# Duracell batteries?



## Pooch (Jun 16, 2014)

Store (club) near the house has Duracell AGM group 31 deep cycles on sale for $159.00.
Any opinions or experience with these batteries.


----------



## Snakecharmer (Apr 9, 2008)

Some comments on Duracell here...
https://www.ohiogamefishing.com/thr...oup-31-batteries-on-sale.324419/#post-2420089


----------



## Popspastime (Apr 1, 2014)

No opinion but I bought 3 of them.


----------



## leeabu (Apr 10, 2004)

I put two on my 24 volt 80lb motor at the beginning of the season last year.
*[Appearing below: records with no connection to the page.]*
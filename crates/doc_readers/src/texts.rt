//! The characters of an element's texts, where most of its children may be elements.

ghost use Rattle.std.specs.Prelude.{◌≡◌, ◌≤◌, ℕ, [], length, slice_get, unwrap_or, Some, MatchOption, IfOk};
ghost use Rattle.std.specs.Option.{option_copied};
ghost use Rattle.doc_nodes.specs.Nodes.{children_by};
ghost use Rattle.doc_nodes.specs.Nodes as nodes;
ghost use Rattle.doc_changes.specs.Readers.{own_chars};
ghost use Rattle.doc_changes.specs.Readers as readers;
ghost use Rattle.doc_readers.specs.Texts.{IsNextText};
ghost use Rattle.doc_readers.specs.Texts as counted;

use doc_tree::DocTree;
use std::alloc::{AllocError, Global};
use xs_names::Text;

/// With this many children for each text, the texts are looked for one by one.
const CHILDREN_PER_TEXT: usize = 256;

// How many of the children of an element before a place are texts.
fn texts_upto(doc: &DocTree, node: u32, place: u32) -> u32
    requires { place ≤ length (children_by (nodes.node doc.now node)) }
    ensures { result ≡ counted.texts_upto doc.now node place }
{
    place - doc.elements_upto(node, place)
}

// The place of the first text from a place on, among so many children; `None` where there is none. It halves what is left.
fn next_text(doc: &DocTree, node: u32, from: u32, count: u32) -> Option<u32>
    requires within { from ≤ count }
    requires all { count ≡ length (children_by (nodes.node doc.now node)) }
    ensures { MatchOption result (counted.texts_upto doc.now node count ≡ counted.texts_upto doc.now node from) (λ place. IsNextText doc.now node from place) }
{
    let before = texts_upto(doc, node, from);
    if texts_upto(doc, node, count) == before {
        return None;
    }
    let mut low = from;
    let mut high = count;
    'halves: while 1 < high - low {
        let middle = low + (high - low) / 2;
        if texts_upto(doc, node, middle) == before {
            low = middle;
        } else {
            high = middle;
        }
    }
    Some(low)
}

// The characters of the child at a place, if it is a text.
fn chars_at(doc: &DocTree, node: u32, place: u32) -> Option<&Text>
    ensures { (child : ℕ) → slice_get (children_by (nodes.node doc.now node)) place ≡ Some child → unwrap_or (option_copied result) [] ≡ readers.chars_at doc.now child }
{
    let child = doc.child_at(node, place)?;
    doc.chars(child)
}

// The characters of an element's texts, looked for one by one among so many children.
fn few_texts(alloc: Global, doc: &DocTree, node: u32, count: u32) -> Result<Text, AllocError>
    requires { count ≡ length (children_by (nodes.node doc.now node)) }
    ensures { IfOk result (λ text. text ≡ own_chars doc.now node) }
{
    let mut chars = String::new(alloc);
    let mut from = 0;
    'texts: while let Some(place) = next_text(doc, node, from, count) {
        if let Some(text) = chars_at(doc, node, place) {
            chars.push_str(text.as_str())?;
        }
        from = place + 1;
    }
    Text::from_string(chars)
}

/// The characters of an element's texts, one after another; none where the number is of no element.
///
/// Where texts are few among the children, it takes steps logarithmic in the number of children for each text.
///
/// # Errors
///
/// `AllocError` is want of memory.
pub fn chars_of(alloc: Global, doc: &DocTree, node: u32) -> Result<Text, AllocError>
    ensures { IfOk result (λ text. text ≡ own_chars doc.now node) }
{
    let count = doc.child_count(node);
    let texts = texts_upto(doc, node, count) as usize;
    if texts * CHILDREN_PER_TEXT < count as usize {
        few_texts(alloc, doc, node, count)
    } else {
        doc.text_of(node)
    }
}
I run all electric motors so I give them a pretty good draw down every trip out. They performed perfectly for me last year. Nice not having to check and add water.


----------



## sady dog (Feb 10, 2008)

Might just have been a bad battery?? But I bought one and it lasted 8 months. I took it back and got another, seems ok now? But I am buying two for my new terrova set up ........fingers crossed


----------



## Snakecharmer (Apr 9, 2008)

Pooch said:


> Store (club) near the house has Duracell AGM group 31 deep cycles on sale for $159.00.
> Any opinions or experience with these batteries.
> View attachment 258105


Just looked at the link I had. $75 in Mentor Not AGM


----------



## bar2 (Nov 2, 2012)

I bought 3 of the 31 agm for my new terrova haven’t got to test them out yet. Will be interested to see how long they last trolling.


----------



## Pooch (Jun 16, 2014)

Picked up 2 of the 31 agm. I'll give them a try. Also two starting batteries.


----------